Non-observable tasks are those which are carried out almost continuously by the busy controller in parallel with the observable tasks, and which cannot generally be directly recorded or timed by the observer. These tasks, which include monitoring the radar screen and planning future actions, are, however, critical to the business of the sector controller. The non-observable workload was determined by calculating, for each aircraft within the sector area, hqw many strips it produces and how many other strips already present on the boards must be checked against it when it is first given to the radar controller. This number of checks was then multiplied by a “time per strip check” to give the total non-observable workload. The time for a strip check was not considered as a duration time for a physical task but as a factor calculated when the model was calibrated to reflect the time taken by the whole planning task. The latter was the main aspect of DORATASK which required more detailed research. This kind of workload would be increased significantly during a peak flow of traffic.
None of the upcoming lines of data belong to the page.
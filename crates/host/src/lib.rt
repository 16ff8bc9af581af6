// The two entry points for a C program. They ask nothing of the caller beyond what a C signature can say, and make the tables
// once, for all that they call.
#![tactic(auto)]

ghost use Rattle.std.specs.Prelude.{◌≡◌, ◌+◌, ◌*◌, ◌^◌, ◌<◌};
ghost use Rattle.answers.specs.Reasons.{number_of_answer, length_of_answer};
ghost use Rattle.records.specs.Records.{record_outcome};
ghost use Rattle.listings.specs.Listings.{listing_outcome};
ghost use Rattle.host.specs.Packed.{asked, Returns};

use answers::{Answer, Refused};
use names::Tables;
use records::Asked;

// The answers of document 01 that are no reason to refuse a record.
const PRINTED: u8 = 0;

const ROOM: u8 = 6;

// The answer in the upper half, the length in the lower.
fn pack(answer: Answer) -> u64
    requires { length_of_answer answer < 2 ^ 32 }
    ensures { result ≡ number_of_answer answer * 2 ^ 32 + length_of_answer answer }
{
    let (number, length) = match answer {
        Ok(written) => (PRINTED, written),
        Err(Refused::For(reason)) => (reason.number(), 0),
        Err(Refused::Room { needed }) => (ROOM, needed),
    };
    (number as u64) * 0x1_0000_0000 + length as u64
}

#[unsafe(no_mangle)]
pub extern "C" fn masm_print_record(body: &[u8], version: u32, mode: u32, text: &mut [u8]) -> u64
    ensures { Returns (record_outcome (asked version mode) body.now text.old) result text.new }
{
    let tables = Tables::new();
    let answer = listings::record::print_record(&tables, body, Asked { mode, version }, text);
    pack(answer)
}

#[unsafe(no_mangle)]
pub extern "C" fn masm_print_listing(listing: &[u8], mode: u32, text: &mut [u8]) -> u64
    ensures { Returns (listing_outcome (asked 1 mode) listing.now text.old) result text.new }
{
    let tables = Tables::new();
    let answer = listings::listing::print_listing(
        &tables,
        listing,
        Asked { mode, version: 1 },
        text,
    );
    pack(answer)
}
The workload measure for a given sector and traffic sample was the sum of the observable and non-observable workload times. To arrive at capacity it was necessary to determine a minimum proportion of time that the controller must have for recuperation if the sector was to continue to be operated safely. This proportion was likely to increase with the length of time that a “capacity” flow rate was expected to continue. Initially it was assumed that the sector would operate at capacity for no more than one hour without either the controller changing or the traffic declining. The amount by which the traffic flow was to be set at a lower rate in order for safe operation to continue was studied further. While it was assumed that the time spent per strip check, which determined the weight given to the planning workload, was two seconds, the following conclusions were derived:

“THE AVERAGE WORKLOAD AT CAPACITY MUST BE LESS THAN 80 PER CENT AND WORKLOADS OF 90 PER CENT MUST NOT BE EXCEEDED MORE THAN 2.5 PER CENT OF THE TIME.”